バージョン管理はあくまで「感染後の復元手段」であり、「感染そのものを防ぐ」仕組みではありません。加えて、世代数上限の超過や長期間の発覚遅延には構造的に対応できない側面があります。そのため、バージョン管理と組み合わせる形で、エンドポイントとクラウド保管領域が切り離された独立バックアップ(世代数・保持期間を個別に設定できるもの)を用意しておくことが、一般に望ましい構成とされています。

まとめ:確認すべき3つのポイント

ランサムウェアに感染した後にバージョン履歴で復元できるかどうかは、「機能があるか」ではなく、「感染前の版が保持されているか」「復元権限を持つ人物が発覚時に動けるか」という運用の問いに帰着します。まず確認したいのは、次の3点です。

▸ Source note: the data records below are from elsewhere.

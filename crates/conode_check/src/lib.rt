//! Checking a data sheet (CiA 306), and what is written about it.
#![tactic(auto)]

mod checked_file;
mod sheet_check;
mod sheet_text;

pub use checked_file::{check_file, check_text};
pub use sheet_check::check;
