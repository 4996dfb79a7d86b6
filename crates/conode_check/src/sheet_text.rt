//! The lines that are written about a data sheet. Each function appends a text. `Err`: out of
//! memory; a part of it may be there.

ghost use Rattle.std.specs.Prelude.{◌≡◌, ◌++◌, OnOk, string_bytes};
ghost use Rattle.std.specs.List.{flat_map};
ghost use Rattle.conode_check.specs.SheetTexts.{
  build_fault_line,
  build_lines,
  fault_line,
  joined,
  node_line,
  node_lines,
  note_line,
  sheet_lines,
  summary_line,
};

use co_dict_build::BuildFault;
use co_sheet::{Note, Sheet, SheetFault};
use conode_text::{Value, push_filled};
use std::alloc::AllocError;

/// Appends the line of a fault: its number, its name and its line.
#[tactic(auto, unfolding(crate::specs::SheetTexts::fault_line, conode_text::specs::Filled::filled))]
pub(crate) fn push_fault(text: &mut String, fault: SheetFault) -> Result<(), AllocError>
    ensures { OnOk result (string_bytes text.new ≡ string_bytes text.old ++ fault_line fault) }
{
    let said = fault.text();
    push_filled(text, "%\n", &[Value::Words(said.as_str())])
}

// the line of a note: its line and its name
#[tactic(auto, unfolding(crate::specs::SheetTexts::note_line, conode_text::specs::Filled::filled))]
fn push_note(text: &mut String, note: Note) -> Result<(), AllocError>
    ensures { OnOk result (string_bytes text.new ≡ string_bytes text.old ++ note_line note) }
{
    let said = note.text();
    push_filled(text, "%\n", &[Value::Words(said.as_str())])
}

fn push_notes(text: &mut String, notes: &[Note]) -> Result<(), AllocError>
    ensures { OnOk result
        (string_bytes text.new ≡ string_bytes text.old ++ flat_map note_line notes.now) }
{
    for note in notes {
        push_note(text, *note)?;
    }
    Ok(())
}

// the line of a build fault, as `build fault 3 BadCobId 1800:01`
#[tactic(auto, unfolding(crate::specs::SheetTexts::build_fault_line, conode_text::specs::Filled::filled))]
fn push_build_fault(text: &mut String, fault: BuildFault) -> Result<(), AllocError>
    ensures { OnOk result
        (string_bytes text.new ≡ string_bytes text.old ++ build_fault_line fault) }
{
    let said = fault.text();
    push_filled(text, "%\n", &[Value::Words(said.as_str())])
}

fn push_any_build_fault(text: &mut String, fault: Option<BuildFault>) -> Result<(), AllocError>
    ensures { OnOk result
        (string_bytes text.new ≡ string_bytes text.old ++ joined (build_lines fault)) }
{
    match fault {
        Some(fault) => push_build_fault(text, fault),
        None => Ok(()),
    }
}

// the line of the sheet's own node-ID, as `node 5`
#[tactic(auto, unfolding(crate::specs::SheetTexts::node_line))]
fn push_node(text: &mut String, node: Option<u8>) -> Result<(), AllocError>
    ensures { OnOk result
        (string_bytes text.new ≡ string_bytes text.old ++ joined (node_lines node)) }
{
    match node {
        Some(id) => push_filled(text, "node %\n", &[Value::Number(id as u64)]),
        None => Ok(()),
    }
}

// the first line of an accepted sheet: how many objects, entries and notes it has
#[tactic(auto, unfolding(crate::specs::SheetTexts::summary_line))]
fn push_summary(text: &mut String, sheet: &Sheet<'_>) -> Result<(), AllocError>
    ensures { OnOk result
        (string_bytes text.new ≡ string_bytes text.old ++ summary_line sheet.now) }
{
    push_filled(
        text,
        "ok: % objects, % entries, % notes\n",
        &[
            Value::Number(sheet.objects().len() as u64),
            Value::Number(sheet.entries().len() as u64),
            Value::Number(sheet.notes().len() as u64),
        ],
    )
}

/// Appends the lines of an accepted sheet: what it has, its notes, its own node-ID if that is to be
/// written, and its build fault.
pub(crate) fn push_sheet(
    text: &mut String,
    sheet: &Sheet<'_>,
    own: Option<u8>,
    fault: Option<BuildFault>,
) -> Result<(), AllocError>
    ensures { OnOk result (string_bytes text.new
        ≡ string_bytes text.old ++ joined (sheet_lines sheet.now own fault)) }
{
    push_summary(text, sheet)?;
    push_notes(text, sheet.notes())?;
    push_node(text, own)?;
    push_any_build_fault(text, fault)
}
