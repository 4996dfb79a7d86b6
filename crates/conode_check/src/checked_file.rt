//! The file of a data sheet, checked.

ghost use Rattle.std.specs.Prelude.{ℕ, ◌≡◌, ◌⊎◌, List, [], Err, IfOk, IfErr, OnOk};
ghost use Rattle.std.specs.Io.KnownBytes.{Appends, Keeps};
ghost use Rattle.std.specs.Process.{exit_status};
ghost use Rattle.co_dict_build.specs.Capacities.{limits_view};
ghost use Rattle.conode_check.specs.CheckEndings.{
  ChecksGood,
  IsCheckEnding,
  SomeThenMemory,
  checked_status,
  memory_line,
};
ghost use Rattle.conode_check.specs.SheetTexts.{checked_lines, is_good};
ghost use Rattle.conode_io.specs.Endings.{WritesStopped, stopped_line};
ghost use Rattle.conode_io.specs.Written.{WritesFrontOrLines, WritesLines};

use crate::sheet_check::check;
use co_dict_build::Limits;
use co_sheet::{FaultKind, SheetFault};
use conode_io::{CmdFault, Ending, Message, file_text, flushed, no_text, say, stopped};
use std::alloc::Global;
use std::io::Write;
use std::process::ExitCode;
use std::rt::Files;

// says that memory ran out
fn say_memory<O: Write>(out: &mut O) -> Ending
    ensures ending { (result ≡ Ending.Said CmdFault.Memory)
        ⊎ (result ≡ Ending.Unsaid CmdFault.Memory) }
    ensures said { result ≡ Ending.Said CmdFault.Memory →
        Appends (O.contents out.old) (O.contents out.new) memory_line }
{
    let fault = SheetFault {
        kind: FaultKind::Memory,
        line: 0,
    };
    match say(Message::Fault(fault), out) {
        Ok(()) => Ending::Said(CmdFault::Memory),
        Err(_) => Ending::Unsaid(CmdFault::Memory),
    }
}

// says why a check ended before all was written
fn say_why<O: Write, E: Write>(fault: CmdFault, out: &mut O, err: &mut E) -> Ending
    ensures ending { (result ≡ Ending.Said fault) ⊎ (result ≡ Ending.Unsaid fault) }
    ensures memory { fault ≡ CmdFault.Memory → result ≡ Ending.Said CmdFault.Memory →
        Appends (O.contents out.old) (O.contents out.new) memory_line }
    ensures unwritable { fault ≡ CmdFault.Write → Keeps (O.contents out.old) (O.contents out.new) }
    ensures on_err { fault ≡ CmdFault.Write → result ≡ Ending.Said fault →
        Appends (E.contents err.old) (E.contents err.new) (stopped_line fault) }
{
    if fault == CmdFault::Memory {
        say_memory(out)
    } else {
        stopped(fault, out, err)
    }
}

/// Checks a text: what it has and its build fault, or its fault as a sheet, goes to `out`. Returns
/// whether it has neither fault. `Err` says how the check ended if not all could be written: `out`
/// then has why, after what was written before, or `err` if `out` can't be written.
pub fn check_text<O: Write, E: Write>(
    alloc: Global,
    text: &[u8],
    node: Option<u8>,
    limits: &Limits<'_>,
    out: &mut O,
    err: &mut E,
) -> Result<bool, Ending>
    // All is written: what the text has and its build fault, or its fault as a sheet.
    ensures good { IfOk result (λ good. good ≡ is_good text.now node (limits_view limits.now)) }
    ensures whole { OnOk result (WritesLines (O.contents out.old) (O.contents out.new)
        (checked_lines text.now node (limits_view limits.now))) }

    // Memory ran out: some of these lines are written, never all, and then the line that says so.
    ensures memory { result ≡ Err (Ending.Said CmdFault.Memory) →
        SomeThenMemory (O.contents out.old) (O.contents out.new)
        (checked_lines text.now node (limits_view limits.now)) }

    // Some or all of these lines are written, perhaps a part of the next, and `err` has why.
    ensures write { result ≡ Err (Ending.Said CmdFault.Write) →
        WritesFrontOrLines (O.contents out.old) (O.contents out.new)
        (checked_lines text.now node (limits_view limits.now)) }
    ensures write_said { result ≡ Err (Ending.Said CmdFault.Write) →
        WritesStopped (E.contents err.old) (E.contents err.new) [] CmdFault.Write }

    // There is no other fault; nothing is said on `err` if all is written.
    ensures err { IfErr result IsCheckEnding }
    ensures quiet { OnOk result (Keeps (E.contents err.old) (E.contents err.new)) }
{
    let outcome = check(alloc, text, node, limits, out);
    match flushed(out, outcome) {
        Ok(good) => Ok(good),
        Err(fault) => Err(say_why(fault, out, err)),
    }
}

// the exit status: 0 if the text is good and all is written
fn status_of(outcome: Result<bool, Ending>) -> ExitCode
    ensures { exit_status result ≡ checked_status outcome }
{
    match outcome {
        Ok(true) => ExitCode::SUCCESS,
        Ok(false) | Err(_) => ExitCode::FAILURE,
    }
}

/// Checks the data sheet of a path, as `check_text` does. A file that can't be read is named on
/// `err`. The status is 0 if there is neither fault and all was written, else 1.
pub fn check_file<R: Files + AllocGlobal, O: Write, E: Write>(
    rt: &R,
    path: &str,
    node: Option<u8>,
    limits: &Limits<'_>,
    out: &mut O,
    err: &mut E,
) -> ExitCode
    ensures status { (exit_status result ≡ 0) ⊎ (exit_status result ≡ 1) }
    ensures good { exit_status result ≡ 0 → (text : List ℕ) ×
        ChecksGood node (limits_view limits.now) (O.contents out.old) (O.contents out.new) text }
{
    match file_text(rt, path) {
        Ok(text) => status_of(check_text(rt.alloc(), text.as_slice(), node, limits, out, err)),
        Err(fault) => no_text(fault, path, out, err),
    }
}
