//! The chain over the places that are reached, or that are chosen.

ghost use Rattle.std.specs.Prelude.{◌≡◌, ℕ, true, false, [], ◌+◌, ◌*◌, ◌/◌, ◌^◌, ◌<◌, ◌≤◌, length, sum, slice_index, IfOk};
ghost use Rattle.sil_fraction.specs.Fraction.{◌≤ℚ◌};
ghost use Rattle.sil_fraction.specs.Sum.{sum_below};
ghost use Rattle.sil_model.specs.Budget.{lumped_events_of};
ghost use Rattle.sil_model.specs.Series.{Values};
ghost use Rattle.sil_model.specs.Sizes.{states_of};
ghost use Rattle.vector_laws.specs.Vectors.{weigh};
ghost use Rattle.product_chain.specs.Weights.{weight_of};
ghost use Rattle.place_chain.specs.Sweeps.{choice_products};
ghost use Rattle.place_chain.specs.PlaceChain.{AreInOrder, AreNoMore, HaveAllAbove, IsWithin, IsGatheredFrom, at_places, step_of_places, tick_loss_of};

use crate::closure::{mark_reached, mark_support};
use crate::compact::{compact, list_places};
use crate::estimate::mark_heavy;
use beat_ladder::Tick;
use common_cause::events;
use product_chain::{Chain, Columns, Entry, gather};
use sil_model::{Loop, Steps};
use std::alloc::{AllocError, Global};
use std::marker::Model;
use std::snapshot::Snapshot;
use std::sync::ledger::Ledger;

/// A chain at some count vectors, its places: those that a vector can reach, or those that come to hold enough.
///
/// Contracts see it as the chain, the places in their order, how many entries lead between them, and whether they are closed.
/// A vector over the places has a number for each of them.
#[derive(Drop)]
pub struct PlaceChain {
    // The chain, for proofs alone: it has no bytes.
    of: Snapshot<Chain>,
    closed: bool,
    masses: Vec<u64>,
    marks: Vec<bool>,
    ranks: Vec<u32>,
    places: Vec<u32>,
    starts: Vec<usize>,
    entries: Vec<Entry>,
}

impl Model for PlaceChain {
    ghost use Rattle.place_chain.specs.PlaceChain.{PlaceChainValue};

    ghost Value = { PlaceChainValue };

    ghost use Rattle.std.specs.Prelude.{vec_capacity, vec_len};
    ghost use Rattle.place_chain.specs.PlaceChain.{IsPlaceChain, HasRoom};

    ghost view = { λ r. record { chain = r.of.value; places = r.places.items; entries = vec_len r.entries; closed = r.closed } };

    ghost invariant = { λ r. IsPlaceChain r.of.value r.places.items r.closed r.starts.items r.entries.items × HasRoom r.of.value (vec_len r.masses) (vec_len r.marks) (vec_len r.ranks) (vec_capacity r.places) (vec_capacity r.starts) (vec_capacity r.entries) };
}

impl PlaceChain {
    /// Room for the places of vectors by the chains of a loop. There is no place in it yet.
    pub fn new(alloc: Global, l: &Loop, chain: &Chain) -> Result<PlaceChain, AllocError>
        requires same { l.now ≡ chain.now.of }
        ensures { IfOk result (λ r. r ≡ record { chain = chain.now; places = []; entries = 0; closed = true }) }
    {
        let columns = chain.columns();
        let size = columns.starts.len() - 1;
        let events = events(alloc, l)?;
        let masses = vec![in alloc; 0u64; size]?;
        let marks = vec![in alloc; false; size]?;
        let ranks = vec![in alloc; 0u32; size]?;
        let places = Vec::with_capacity(alloc, size)?;
        let mut starts = Vec::with_capacity(alloc, size + 1)?;
        starts.push(0)?;
        let entries = Vec::with_capacity(alloc, size * (events.len() + 1))?;
        Ok(PlaceChain {
            of: Snapshot::of(chain),
            closed: true,
            masses,
            marks,
            ranks,
            places,
            starts,
            entries,
        })
    }

    /// Finds the places that a vector can reach by a chain of the same loop, and makes it the chain over these.
    pub fn reach(&mut self, chain: &Chain, v: &[u64])
        requires same { self.old.chain.of ≡ chain.now.of }
        requires v { length v.now ≡ states_of chain.now.of.subsystems }
        ensures chain { self.new.chain ≡ chain.now }
        ensures closed { self.new.closed ≡ true }
        ensures support { IsWithin self.new.places v.now }
        ensures least { AreNoMore chain.now.of.subsystems chain.now.hours chain.now.beats v.now self.new.places }
    {
        let columns = chain.columns();
        mark_support(v, self.marks.as_mut_slice());
        mark_reached(columns, self.marks.as_mut_slice());
        list_places(
            self.marks.as_slice(),
            &mut self.places,
            self.ranks.as_mut_slice(),
        );
        compact(
            columns,
            self.marks.as_slice(),
            self.ranks.as_slice(),
            self.places.as_slice(),
            &mut self.entries,
            &mut self.starts,
        );
        self.of = Snapshot::of(chain);
        self.closed = true;
    }

    /// Chooses the places that hold more than `least` in a phase of so many ticks or into which it brings more, by an estimate,
    /// in units of 2^-48, and makes it the chain over these. Other count vectors may be reached by what is lost then.
    pub fn choose<L: Ledger>(
        &mut self,
        chain: &Chain,
        v: &[u64],
        ticks: u64,
        least: u64,
        steps: &mut Steps<L>,
    )
        requires same { self.old.chain.of ≡ chain.now.of }
        requires v { length v.now ≡ states_of chain.now.of.subsystems }
        ensures chain { self.new.chain ≡ chain.now }
        ensures open { self.new.closed ≡ false }
        ensures held { HaveAllAbove self.new.places least v.now }
        ensures steps { steps.new ≤ steps.old + choice_products chain.now.of.subsystems }
    {
        let columns = chain.columns();
        mark_heavy(
            columns,
            v,
            ticks,
            least,
            self.masses.as_mut_slice(),
            self.marks.as_mut_slice(),
            steps,
        );
        list_places(
            self.marks.as_slice(),
            &mut self.places,
            self.ranks.as_mut_slice(),
        );
        compact(
            columns,
            self.marks.as_slice(),
            self.ranks.as_slice(),
            self.places.as_slice(),
            &mut self.entries,
            &mut self.starts,
        );
        self.of = Snapshot::of(chain);
        self.closed = false;
    }

    /// How many places there are.
    pub fn size(&self) -> usize
        ensures size { result ≡ length self.now.places }
        ensures placed { AreInOrder self.now.chain.of.subsystems self.now.places }
    {
        self.places.len()
    }

    /// How many entries lead between the places: the products of a tick.
    pub fn products(&self) -> usize
        ensures value { result ≡ self.now.entries }
        ensures few { result ≤ states_of self.now.chain.of.subsystems * (lumped_events_of self.now.chain.of.subsystems + 1) }
    {
        self.entries.len()
    }

    /// Takes the numbers of a vector at the places, which weigh no more than the vector. One that holds nothing elsewhere keeps
    /// its mass and its weight.
    pub fn gather(&self, v: &[u64], small: &mut [u64])
        requires v { length v.now ≡ states_of self.now.chain.of.subsystems }
        requires mass { sum v.now ≤ 2 ^ 48 }
        requires small { length small.old ≡ length self.now.places }
        ensures gathered { IsGatheredFrom self.now.places v.now small.new }
        ensures most { sum small.new ≤ sum v.now }
        ensures weighed { IsWithin self.now.places v.now → (f : Values ℕ) → weigh small.new (at_places self.now.places f) ≡ weigh v.now f }
        ensures kept { IsWithin self.now.places v.now → sum small.new ≡ sum v.now }
    {
        let _ = self.of;
        take_at(self.places.as_slice(), v, small);
    }

    /// Puts the numbers at the places back. Elsewhere the vector holds nothing.
    pub fn scatter(&self, small: &[u64], v: &mut [u64])
        requires v { length v.old ≡ states_of self.now.chain.of.subsystems }
        requires small { length small.now ≡ length self.now.places }
        ensures gathered { IsGatheredFrom self.now.places v.new small.now }
        ensures within { IsWithin self.now.places v.new }
        ensures weighed { (f : Values ℕ) → weigh v.new f ≡ weigh small.now (at_places self.now.places f) }
        ensures kept { sum v.new ≡ sum small.now }
    {
        put_at(self.places.as_slice(), small, v);
    }

    /// Puts the numbers of a dwell at the places back. Elsewhere it holds nothing.
    pub fn scatter_dwell(&self, small: &[u128], dwell: &mut [u128])
        requires dwell { length dwell.old ≡ states_of self.now.chain.of.subsystems }
        requires small { length small.now ≡ length self.now.places }
        ensures gathered { IsGatheredFrom self.now.places dwell.new small.now }
        ensures within { IsWithin self.now.places dwell.new }
    {
        put_dwell_at(self.places.as_slice(), small, dwell);
    }

    /// One tick over the places: each number is the sum of all numbers, each times the weight of its way here, rounded down
    /// once.
    ///
    /// By every value list over the places the vector then weighs at most what the list after a step weighed before. It loses
    /// at most what a tick over all count vectors loses, where the places are closed.
    pub fn tick<L: Ledger>(&self, from: &[u64], to: &mut [u64], steps: &mut Steps<L>)
        requires from { length from.now ≡ length self.now.places }
        requires to { length to.old ≡ length self.now.places }
        requires mass { sum from.now ≤ 2 ^ 48 }
        ensures floors { (k : ℕ) → k < length self.now.places → slice_index to.new k ≡ sum_below (length self.now.places) (λ l. slice_index from.now l * weight_of self.now.chain.of.subsystems self.now.chain.hours self.now.chain.beats (slice_index self.now.places l) (slice_index self.now.places k)) / 2 ^ 48 }
        ensures encloses { (g : Values ℕ) → weigh to.new g ≤ℚ weigh from.now (step_of_places self.now g) }
        ensures kept { sum to.new ≤ sum from.now }
        ensures lack { sum from.now ≤ sum to.new + tick_loss_of self.now }
        ensures steps { steps.new ≤ steps.old + self.now.entries }
    {
        let columns = Columns {
            entries: self.entries.as_slice(),
            starts: self.starts.as_slice(),
        };
        gather(columns, from, to, steps);
    }
}

impl Tick for PlaceChain {
    ghost use Rattle.std.specs.Prelude.{length};
    ghost use Rattle.place_chain.specs.PlaceChain.{step_of_places, tick_loss_of};

    ghost size = { λ r. length r.places };

    ghost step = { step_of_places };

    ghost loss = { tick_loss_of };

    ghost products = { λ r. r.entries };

    fn tick<L: Ledger>(&self, from: &[u64], to: &mut [u64], steps: &mut Steps<L>) {
        PlaceChain::tick(self, from, to, steps);
    }
}

/// Takes the numbers at the places.
fn take_at(places: &[u32], v: &[u64], small: &mut [u64])
    requires below { (k : ℕ) → k < length places.now → slice_index places.now k < length v.now }
    requires small { length small.old ≡ length places.now }
    ensures { IsGatheredFrom places.now v.now small.new }
{
    for k in 0..places.len() {
        small[k] = v[places[k] as usize];
    }
}

/// Puts numbers at the places, and 0 elsewhere.
fn put_at(places: &[u32], small: &[u64], v: &mut [u64])
    requires below { (k : ℕ) → k < length places.now → slice_index places.now k < length v.old }
    requires rising { (k l : ℕ) → k < l → l < length places.now → slice_index places.now k < slice_index places.now l }
    requires small { length small.now ≡ length places.now }
    ensures gathered { IsGatheredFrom places.now v.new small.now }
    ensures within { IsWithin places.now v.new }
{
    v.fill(0);
    for k in 0..places.len() {
        v[places[k] as usize] = small[k];
    }
}

/// Puts the numbers of a dwell at the places, and 0 elsewhere.
fn put_dwell_at(places: &[u32], small: &[u128], dwell: &mut [u128])
    requires below { (k : ℕ) → k < length places.now → slice_index places.now k < length dwell.old }
    requires rising { (k l : ℕ) → k < l → l < length places.now → slice_index places.now k < slice_index places.now l }
    requires small { length small.now ≡ length places.now }
    ensures gathered { IsGatheredFrom places.now dwell.new small.now }
    ensures within { IsWithin places.now dwell.new }
{
    dwell.fill(0);
    for k in 0..places.len() {
        dwell[places[k] as usize] = small[k];
    }
}
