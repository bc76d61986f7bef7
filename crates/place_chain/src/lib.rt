//! A part of a chain: the ticks of a phase over the count vectors that ever hold mass alone, or enough of it to count.
//!
//! From many count vectors most others are never reached: where every fault is found by a test, none lies deep. Others are
//! reached by so little that leaving it out costs next to nothing. So before a phase some places are chosen once, and the
//! chain is made a smaller one over these alone. The vector is gathered onto them, ticks there, and is scattered at the end;
//! elsewhere it holds nothing.
//!
//! - `closure`: the places that are reached, round by round, until a round finds no more. They are closed, so that a tick
//!   over them loses no more than one over all.
//! - `estimate`: the places that come to hold enough. What the others would have held is lost, and how much that is shows
//!   at the end of the phase, by what the vector lacks.
//! - `compact`: the places, their ranks, and the columns over the ranks.
//! - [`PlaceChain`] keeps all of it, and its room for every phase of a loop.
#![tactic(auto)]

ghost use Rattle.std.specs.Prelude.{ℕ, List};
ghost use Rattle.place_chain.specs.PlaceChain.{PlaceChainValue, AreInOrder};
ghost use Rattle.place_chain.specs.Phases.{PlacesLaw, AreTaken, ScatteredLaw};

mod chain;
mod closure;
mod compact;
mod estimate;

pub use chain::PlaceChain;

/// The step of the ticks over the places is linear, and many beats of it are no greater than those of all values. So what
/// is known of some beats of a vector over the places is known, once it is scattered, of the beats of the whole vector.
pub fn places_law()
    ensures law { (r : PlaceChainValue) → AreInOrder r.chain.of.subsystems r.places → PlacesLaw r }
    ensures scattered { (r : PlaceChainValue) → AreInOrder r.chain.of.subsystems r.places → (order m : ℕ) (before small : List ℕ) → AreTaken r before small → ScatteredLaw r order m before small }
{}
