//! The count vectors that are reached from those that are marked.

ghost use Rattle.std.specs.Prelude.{◌≡◌, ℕ, Bool, true, false, ◌<◌, length, slice_index, slice_index_or, All};
ghost use Rattle.product_chain.specs.declared.column.Entry.{Entry as EntryValue};
ghost use Rattle.product_chain.specs.Columns.{AreWeighted, part};
ghost use Rattle.place_chain.specs.Marks.{is_marked, left_over, IsClosed, IsPassedOn, AreNeeded};

use product_chain::{Columns, Entry};

/// Marks the numbers of a vector that are not 0.
pub fn mark_support(v: &[u64], marks: &mut [bool])
    requires { length marks.old ≡ length v.now }
    ensures all { (i : ℕ) → i < length v.now → is_marked marks.new i ≡ false → slice_index v.now i ≡ 0 }
    ensures only { (i : ℕ) → i < length v.now → slice_index v.now i ≡ 0 → is_marked marks.new i ≡ false }
{
    for i in 0..v.len() {
        marks[i] = v[i] != 0;
    }
}

/// Marks each target to which an entry leads from a marked one, until there is none that is not marked.
pub fn mark_reached(columns: Columns<'_>, marks: &mut [bool])
    requires columns { AreWeighted (length marks.old) (length marks.old) columns.starts.now columns.entries.now }
    ensures kept { (i : ℕ) → is_marked marks.old i ≡ true → is_marked marks.new i ≡ true }
    ensures closed { IsClosed (length marks.old) columns.entry.starts.now columns.entry.entries.now marks.new }
    ensures least { AreNeeded (length marks.old) columns.entry.starts.now columns.entry.entries.now marks.old marks.new }
{
    while mark_round(columns, marks) {}
}

/// One round over all targets. It answers whether it has marked one.
fn mark_round(columns: Columns<'_>, marks: &mut [bool]) -> bool
    requires columns { AreWeighted (length marks.old) (length marks.old) columns.starts.now columns.entries.now }
    ensures kept { (i : ℕ) → is_marked marks.old i ≡ true → is_marked marks.new i ≡ true }
    ensures closed { result ≡ false → IsClosed (length marks.old) columns.entry.starts.now columns.entry.entries.now marks.new }
    ensures fewer { result ≡ true → left_over marks.new < left_over marks.old }
    ensures least { AreNeeded (length marks.old) columns.entry.starts.now columns.entry.entries.now marks.old marks.new }
{
    let mut found = false;
    for j in 0..marks.len() {
        if is_new(columns, marks, j) {
            marks[j] = true;
            found = true;
        }
    }
    found
}

/// Whether a target is not marked and one of its sources is.
fn is_new(columns: Columns<'_>, marks: &[bool], target: usize) -> bool
    requires columns { AreWeighted (length marks.now) (length marks.now) columns.starts.now columns.entries.now }
    requires target { target < length marks.now }
    ensures new { result ≡ true → is_marked marks.now target ≡ false }
    ensures led { result ≡ true → (P : ℕ → Bool) → IsPassedOn (length marks.now) columns.entry.starts.now columns.entry.entries.now P → ((i : ℕ) → is_marked marks.now i ≡ true → P i ≡ true) → P target ≡ true }
    ensures old { result ≡ false → is_marked marks.now target ≡ false → All (λ e. is_marked marks.now e.source ≡ false) (part columns.entry.starts.now columns.entry.entries.now target) }
{
    if marks[target] {
        return false;
    }
    is_led_to(
        &columns.entries[columns.starts[target]..columns.starts[target + 1]],
        marks,
    )
}

/// Whether one of the entries leads from a marked source.
fn is_led_to(column: &[Entry], marks: &[bool]) -> bool
    requires sources { All (λ e. e.source < length marks.now) column.now }
    ensures some { result ≡ true → (b : Bool) → ((k : ℕ) (d : EntryValue) → k < length column.now → is_marked marks.now (slice_index_or column.now k d).source ≡ true → b ≡ true) → b ≡ true }
    ensures none { result ≡ false → All (λ e. is_marked marks.now e.source ≡ false) column.now }
{
    for entry in column {
        if marks[entry.source as usize] {
            return true;
        }
    }
    false
}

  • 現在のクラウドストレージの管理画面を開いて、バージョン管理の有効・無効と世代数・保持期間を確認する
  • 復元権限を持つ担当者の名前と連絡先を確認し、メモに残す
  • 上記のチェックリストを使って、対応済み・未対応・不明の3段階で自社環境を仕分けし、上長への報告材料にする

この3点を確認しておくだけでも、感染時に復元できるかどうかを具体的に判断しやすくなります。まずは自社の設定と権限体制を確認し、復元できる条件がそろっているかを可視化しておきましょう。